REQUIREMENT: Show every line of the data below that includes the word "matches".

RAW DATA Block Start

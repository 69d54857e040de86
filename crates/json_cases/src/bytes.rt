// Every byte in a string, raw and behind a backslash, and every two bytes.
use super::tally::Tally;
use super::texts::Text;

// A string of these bytes is readable.
fn is_string(bytes: &[u8]) -> bool {
    let mut text = Text::new();
    text.put(b'"');
    text.put_all(bytes);
    text.put(b'"');
    text.is_readable()
}

// ASCII, no control byte, quotation mark or backslash.
fn is_plain(b: u8) -> bool {
    matches!(b, 0x20..=0x7F) && b != b'"' && b != b'\\'
}

fn is_short_escape(b: u8) -> bool {
    matches!(b, b'"' | b'\\' | b'/' | b'b' | b'f' | b'n' | b'r' | b't')
}

// Two plain bytes, a short escape, or a character of two bytes (UTF8-2 = %xC2-DF UTF8-tail).
fn is_pair(a: u8, b: u8) -> bool {
    if is_plain(a) {
        return is_plain(b);
    }
    if a == 0x5C {
        return is_short_escape(b);
    }
    matches!(a, 0xC2..=0xDF) && is_tail(b)
}

fn is_tail(b: u8) -> bool {
    matches!(b, 0x80..=0xBF)
}

pub fn all_raw() -> Tally {
    let mut t = Tally::none();
    for b in 0u8..=255 {
        t = t.tell(is_string(&[b]) == is_plain(b));
    }
    t
}

pub fn all_escaped() -> Tally {
    let mut t = Tally::none();
    for b in 0u8..=255 {
        t = t.tell(is_string(&[b'\\', b]) == is_short_escape(b));
    }
    t
}

pub fn all_pairs() -> Tally {
    let mut t = Tally::none();
    for n in 0u16..=65535 {
        let [a, b] = n.to_be_bytes();
        t = t.tell(is_string(&[a, b]) == is_pair(a, b));
    }
    t
}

RAW DATA Block End

ANSWER BOX:
    matches!(b, 0x20..=0x7F) && b != b'"' && b != b'\\'
    matches!(b, b'"' | b'\\' | b'/' | b'b' | b'f' | b'n' | b'r' | b't')
    matches!(a, 0xC2..=0xDF) && is_tail(b)
    matches!(b, 0x80..=0xBF)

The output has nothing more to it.